# truing a milling vise



## Driveslayer45 (Aug 19, 2019)

i have recently discovered that my no name 4" vice has .003 variance on the x axis and .001 on the y.   i am thinking of turning it upside on 123 blocks and facing the base on my milling machine.  is this a reasonable course of action or should i just replace the vise.  i would rather  not spend $200+ on a vise if i don't have to.


----------



## Flyinfool (Aug 19, 2019)

Before you start carving on the vice, make sure it is the vice that is the problem.
Double and triple check to see that there is not small burr or chip between the vice jaws and the surfaces that the jaws mount to. then make sure that there are no burrs or chips on the mill table or the bottom of the vice.
It is real easy to raise a microscopic burr on the bottom of the vice or the table top. Do some light stoning of both to remove any burrs or dents, Evey dent or scratch will have a raised area right next to it. the metal from the dent had to displace and go somewhere. same with the jaws, lightly stone the mating surfaces.
Also check to be sure that you are using the correct side of the  keys to bump the vice to the T slots, and make sure that there are no burrs on the sides of the T slots either .

Once you are absolutely sure that the vise is the problem then go ahead and machine it. But be absolutely certain that your head is trammed in perfectly or you will machine in new errors. Do not trust the tram job you did six months ago. All it takes is one chattering or interrupted or heavy cut to move it.


----------



## Winegrower (Aug 19, 2019)

Excellent advice from Flyinfool.   I did pretty much this on an inexpensive vise and it came out perfect.   Have at it.


----------



## Driveslayer45 (Aug 19, 2019)

Yes, great advise, thank you.. i did run a stone over the bottom of the vise and clean the mill surface very well before placing the vise.  i did not remove the jaws and clean them, but as i am measuring the vise bed that shouldn't have an effect.

I am not sure what you mean by this "Also check to be sure that you are using the correct side of the  keys to bump the vice to the T slots,"

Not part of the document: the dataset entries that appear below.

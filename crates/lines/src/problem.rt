// Reading a problem: from the bytes of its lines to counts of signals and the parts of its formula.
ghost use Rattle.std.specs.Prelude.{◌≡◌};
ghost use Rattle.lines.specs.Lines.{word_of};

use basics::{Order, same};

// A kind of signal: set by the controller, read by it, or neither.
#[derive(Clone, Copy)]
pub enum Kind {
    Output,
    Observed,
    Hidden,
}

// What a line's first field says.
#[derive(Clone, Copy)]
pub enum Word {
    Declare(Kind),
    Rule,
    Order,
    Unknown,
}

// How many signals of each kind, parts and temporal operators there are, and the order of a step: none until a line says it, and one at the
// end of a text.
#[derive(Clone, Copy)]
pub struct Sizes {
    pub outputs: usize,
    pub observed: usize,
    pub hidden: usize,
    pub parts: usize,
    pub operators: usize,
    pub order: Option<Order>,
}

#[tactic(auto, unfolding(crate::specs::Lines::word_of))]
pub fn word_of(field: &[u8]) -> Word
    ensures { result ≡ word_of field.now }
{
    if same(field, b"out") {
        return Word::Declare(Kind::Output);
    }
    if same(field, b"see") {
        return Word::Declare(Kind::Observed);
    }
    if same(field, b"hid") {
        return Word::Declare(Kind::Hidden);
    }
    if same(field, b"rule") {
        return Word::Rule;
    }
    if same(field, b"order") {
        return Word::Order;
    }
    Word::Unknown
}
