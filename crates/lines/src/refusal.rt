// What a call may say no to, with its number and its place (REFERENCE.md, Refusals).
ghost use Rattle.std.specs.Prelude.{◌≡◌};
ghost use Rattle.lines.specs.Refusal.{number_of, place_of};

#[derive(Clone, Copy, Debug, PartialEq, Eq)]
pub enum Refusal {
    LongSource,
    BadLine(usize),
    NameTwice(usize),
    TooManySignals(usize),
    BadFormula(usize),
    UnknownName(usize),
    TooManyParts(usize),
    NoFormula,
    TooManyStates,
    TooManyBeliefs,
    Unrealizable,
    ShortMemory,
    BadTable,
    Stopped,
    BadObservation,
    BadTrace(usize),
    BadText(usize),
}

// The number of a refusal.
pub fn number(r: Refusal) -> usize
    ensures { result ≡ number_of r }
{
    match r {
        Refusal::LongSource => 1,
        Refusal::BadLine(_) => 2,
        Refusal::NameTwice(_) => 3,
        Refusal::TooManySignals(_) => 4,
        Refusal::BadFormula(_) => 5,
        Refusal::UnknownName(_) => 6,
        Refusal::TooManyParts(_) => 7,
        Refusal::NoFormula => 8,
        Refusal::TooManyStates => 9,
        Refusal::TooManyBeliefs => 10,
        Refusal::Unrealizable => 11,
        Refusal::ShortMemory => 12,
        Refusal::BadTable => 13,
        Refusal::Stopped => 14,
        Refusal::BadObservation => 15,
        Refusal::BadTrace(_) => 16,
        Refusal::BadText(_) => 17,
    }
}

// The line or the step of a refusal, counted from 1, or 0.
pub fn place(r: Refusal) -> usize
    ensures { result ≡ place_of r }
{
    match r {
        Refusal::BadLine(n)
        | Refusal::NameTwice(n)
        | Refusal::TooManySignals(n)
        | Refusal::BadFormula(n)
        | Refusal::UnknownName(n)
        | Refusal::TooManyParts(n)
        | Refusal::BadTrace(n)
        | Refusal::BadText(n) => n,
        _ => 0,
    }
}
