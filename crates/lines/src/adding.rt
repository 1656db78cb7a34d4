// A line that states a formula.
ghost use Rattle.std.specs.Prelude.{◌≡◌, ◌+◌, ◌-◌, ◌≤◌, ◌<◌, length};
ghost use Rattle.syntax.specs.Lex.{tokens};
ghost use Rattle.grammar.specs.Names.{names_in};
ghost use Rattle.basics.specs.Limits.{operator_limit, index_limit};
ghost use Rattle.formula.specs.Limits.{part_limit};
ghost use Rattle.formula.specs.Parts.{temporals};
ghost use Rattle.lines.specs.Lines.{is_text};
ghost use Rattle.lines.specs.Effect.{joint, all_declared, state_effect};
ghost use Rattle.syntax.specs.Cells.{kinds_in};
ghost use Rattle.lines.specs.Memory.{signals_in, join_part, stored_from, reading_after, parts_after, cells_reading, cells_stored, Kept};

use crate::problem::Sizes;
use crate::refusal::Refusal;
use basics::{Class, OPERATOR_LIMIT, past};
use formula::is_temporal;
use grammar::{Names, TEXT_LIMIT, lookup, read_formula};
use syntax::{END, NAME, put_codes, token_at};

// The most parts of a problem.
pub const PART_LIMIT: usize = 96;

// Whether a second field is a formula's text: some bytes, not too many, and no tab.
fn is_text(text: &[u8]) -> bool
    ensures { result ≡ is_text text.now }
{
    if text.len() == 0 {
        return false;
    }
    if TEXT_LIMIT < text.len() {
        return false;
    }
    past(text, 0, Class::Field) == text.len()
}

// Whether every name in a text is declared.
fn all_declared(names: &Names<'_>, text: &[u8]) -> bool
    ensures { (s : Sizes) → result ≡ all_declared (signals_in s (names_in names.now)) text.now (tokens text.now 0) }
{
    let mut at = 0;
    loop {
        let t = token_at(text, at);
        if t.kind == END {
            return true;
        }
        if t.kind == NAME && lookup(names, &text[t.from..t.next]).is_none() {
            return false;
        }
        at = t.next;
    }
}

// How many of the cells are temporal operators.
fn temporals_in(cells: &[u32]) -> usize
    ensures { result ≡ temporals (kinds_in cells.now) }
{
    let mut n: usize = 0;
    for &cell in cells {
        if is_temporal((cell % 256) as u8) {
            n += 1;
        }
    }
    n
}

// The count of parts with the "and" that joins a formula to the n parts before it.
fn with_joint(n: usize, count: usize) -> usize
    requires { count < 65536 }
    ensures { result ≡ count + joint n }
{
    if n == 0 { count } else { count + 1 }
}

// Joins the parts from n up to count to the n parts before them.
fn join(n: usize, count: usize, parts: &mut [u32])
    requires { (n ≤ count) × (count + joint n ≤ length parts.old) × (length parts.old ≤ index_limit) }
    ensures { parts.new ≡ stored_from (join_part n (count - n)) count parts.old }
{
    if n == 0 {
        return;
    }
    parts[count] = 38 + 256 * ((n - 1) as u32) + 65536 * ((count - 1) as u32);
}

// Line `line` states the formula of these cells.
fn add_cells(cells: &[u32], line: usize, s: Sizes, parts: &mut [u32]) -> Result<Sizes, Refusal>
    requires cells_len_bound { length cells.now < index_limit }
    requires parts_le_part_limit { (s.parts ≤ part_limit) × (s.operators ≤ operator_limit) × (length parts.old ≡ part_limit) }
    ensures value { result ≡ cells_reading cells.now line s }
    ensures parts_after { parts.new ≡ cells_stored cells.now s parts.old }
{
    let n = s.parts;
    let count = n + cells.len();
    let all = with_joint(n, count);
    if PART_LIMIT < all {
        return Err(Refusal::TooManyParts(line));
    }
    let m = s.operators + temporals_in(cells);
    if OPERATOR_LIMIT < m {
        return Err(Refusal::TooManyParts(line));
    }
    put_codes(cells, n, parts);
    join(n, count, parts);
    Ok(Sizes {
        parts: all,
        operators: m,
        ..s
    })
}

// Line `line` states the formula of a text: its parts behind those so far, or a refusal, and they stay as they were.
pub fn add_formula(
    names: &Names<'_>,
    text: &[u8],
    line: usize,
    s: Sizes,
    parts: &mut [u32],
) -> Result<Sizes, Refusal>
    requires { Kept s parts.old }
    ensures value { result ≡ reading_after
        (state_effect line text.now (signals_in s (names_in names.now)) s.parts s.operators) s }
    ensures parts_after { parts.new ≡ parts_after
        (state_effect line text.now (signals_in s (names_in names.now)) s.parts s.operators) s parts.old }
{
    if !is_text(text) {
        return Err(Refusal::BadLine(line));
    }
    let mut cells = [0u32; PART_LIMIT];
    let formula = read_formula(names, text, &mut cells).ok_or(Refusal::BadFormula(line))?;
    if !all_declared(names, text) {
        return Err(Refusal::UnknownName(line));
    }
    if PART_LIMIT < formula.count {
        return Err(Refusal::TooManyParts(line));
    }
    add_cells(&cells[..formula.count], line, s, parts)
}
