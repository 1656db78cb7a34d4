// A line that says the order of a step, and the order where no line says it.
ghost use Rattle.std.specs.Prelude.{◌≡◌};
ghost use Rattle.lines.specs.Lines.{order_named};
ghost use Rattle.lines.specs.Effect.{order_effect};
ghost use Rattle.lines.specs.Memory.{order_in, fix_order, reading_after};

use crate::problem::Sizes;
use crate::refusal::Refusal;
use basics::{Order, same};

// The order that a second field names, if it names one.
fn order_named(field: &[u8]) -> Option<Order>
    ensures { result ≡ order_named field.now }
{
    if same(field, b"set") {
        return Some(Order::Set);
    }
    if same(field, b"read") {
        return Some(Order::Read);
    }
    None
}

fn fix_order(o: Order, s: Sizes) -> Sizes
    ensures { result ≡ fix_order o s }
{
    Sizes {
        order: Some(o),
        ..s
    }
}

// Line `line` says the order of a step, which no line before it may have said.
pub fn add_order(field: &[u8], line: usize, s: Sizes) -> Result<Sizes, Refusal>
    ensures { result ≡ reading_after (order_effect line s.order (order_named field.now)) s }
{
    match (s.order, order_named(field)) {
        (None, Some(order)) => Ok(fix_order(order, s)),
        _ => Err(Refusal::BadLine(line)),
    }
}

// The order of a step: what a line says, and where none says it, the default, which stands here alone.
pub fn order_of(s: Sizes) -> Order
    ensures { result ≡ order_in s }
{
    s.order.unwrap_or(Order::Set)
}

// The sizes at the end of a text, where the order is fixed.
pub fn ordered(s: Sizes) -> Sizes
    ensures { result ≡ fix_order (order_in s) s }
{
    fix_order(order_of(s), s)
}
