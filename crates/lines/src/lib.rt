// One line of a problem: what it declares, states or says of the order of a step, or the numbered refusal. Every function here is
// proved, and the crate assumes nothing. `declare` and `add_formula` serve the crate `rules`, which shows what they ask.
#![tactic(auto)]

mod adding;
mod declaring;
mod ordering;
mod problem;
mod refusal;

pub use adding::{PART_LIMIT, add_formula};
pub use declaring::declare;
pub use ordering::{add_order, order_of, ordered};
pub use problem::{Sizes, Word, word_of};
pub use refusal::{Refusal, number, place};
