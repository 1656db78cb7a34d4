// A line that declares a signal.
ghost use Rattle.std.specs.Prelude.{◌≡◌, ◌+◌, ◌≤◌, set, OnOk, OnErr};
ghost use Rattle.grammar.specs.Names.{names_in};
ghost use Rattle.basics.specs.Limits.{kind_limit};
ghost use Rattle.lines.specs.Lines.{is_name};
ghost use Rattle.lines.specs.Effect.{first_bit, declare_effect};
ghost use Rattle.lines.specs.Memory.{signals_in, count_in, more_signals, reading_after, names_after};

use crate::problem::{Kind, Sizes};
use crate::refusal::Refusal;
use basics::{HIDDEN, KIND_LIMIT, OBSERVED, SIGNAL_LIMIT};
use grammar::{Names, lookup};
use syntax::{NAME, token_at};

// The most bytes of a name.
const NAME_LIMIT: usize = 12;

fn is_name(name: &[u8]) -> bool
    ensures { result ≡ is_name name.now }
{
    let t = token_at(name, 0);
    (t.kind == NAME) & (t.from == 0) & (t.next == name.len()) & (name.len() <= NAME_LIMIT)
}

fn count_in(kind: Kind, s: Sizes) -> usize
    ensures { result ≡ count_in kind s }
{
    match kind {
        Kind::Output => s.outputs,
        Kind::Observed => s.observed,
        Kind::Hidden => s.hidden,
    }
}

fn first_bit(kind: Kind) -> usize
    ensures { result ≡ first_bit kind }
{
    match kind {
        Kind::Output => 0,
        Kind::Observed => OBSERVED,
        Kind::Hidden => HIDDEN,
    }
}

// The counts with one more signal of a kind.
fn more_signals(kind: Kind, s: Sizes) -> Sizes
    requires { count_in kind s ≤ kind_limit }
    ensures { result ≡ more_signals kind s }
{
    match kind {
        Kind::Output => Sizes {
            outputs: s.outputs + 1,
            ..s
        },
        Kind::Observed => Sizes {
            observed: s.observed + 1,
            ..s
        },
        Kind::Hidden => Sizes {
            hidden: s.hidden + 1,
            ..s
        },
    }
}

// Line `line` declares the signal called `name`. On a refusal the slices that are lent stay as they were.
pub fn declare<'a>(
    name: &'a [u8],
    line: usize,
    kind: Kind,
    s: Sizes,
    names: &mut Names<'a>,
) -> Result<Sizes, Refusal>
    requires { (s.outputs ≤ kind_limit) × (s.observed ≤ kind_limit) × (s.hidden ≤ kind_limit) }
    ensures value { result ≡ reading_after (declare_effect line kind name.now (signals_in s (names_in names.old))) s }
    ensures names_after { names_in names.new ≡ names_after (declare_effect line kind name.now (signals_in s (names_in names.old))) s
        (names_in names.old) }
    ensures stored { OnOk result (names.new ≡ set names.old (first_bit kind + count_in kind s) name.entry) }
    ensures kept { OnErr result (names.new ≡ names.old) }
{
    if !is_name(name) {
        return Err(Refusal::BadLine(line));
    }
    if lookup(names, name).is_some() {
        return Err(Refusal::NameTwice(line));
    }
    let n = count_in(kind, s);
    if n == KIND_LIMIT {
        return Err(Refusal::TooManySignals(line));
    }
    if s.outputs + s.observed + s.hidden == SIGNAL_LIMIT {
        return Err(Refusal::TooManySignals(line));
    }
    names[first_bit(kind) + n] = name;
    Ok(more_signals(kind, s))
}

Perhaps i will pull the vise and re-clean, check and maybe stone the mill table just to be sure, but otherwise i am thinking of cutting. Also I recently trammed the mill, right before the current project, but as i am using a test indicator clamped to the quill the tram shouldn't matter should it.


----------



## Latinrascalrg1 (Aug 19, 2019)

Is there a way for you to mount the vice to a "sacrificial" intermediate plate that is then mounted to the mill table?  Mill the sacrificial plate to correct the misalignment issue without modifying the mill or the vise if you have the z axis travel space!


----------



## Driveslayer45 (Aug 19, 2019)

that's in interesting thought that i had not considered. i would have to figure out how to offset it by the .003 and .001.  but would that introduce another set of possible errors into the mix?


----------



## Latinrascalrg1 (Aug 19, 2019)

I dont think you would have to adjust for any offset currently in the vise. If the head is trammed i would think securely mounting the sacrificial plate to the bottom of the vise and then mount the vise to the bed using the vise jaws clamped squarely onto some 123 blocks (maybe?) So that the jaws are square to the table and then do your milling of the bottom surface of the sacrificial plate that should now be face up attached to the bottom  of the vise!  I haven't done this before and just kinda thinking outside the box.


----------



## C-Bag (Aug 19, 2019)

Just out of curiosity you've set it up on a surface plate and checked it? I learned the hard way not to put all my trust in one place. Especially a machine table.


----------



## Driveslayer45 (Aug 19, 2019)

i see what your are saying L, that makes sense.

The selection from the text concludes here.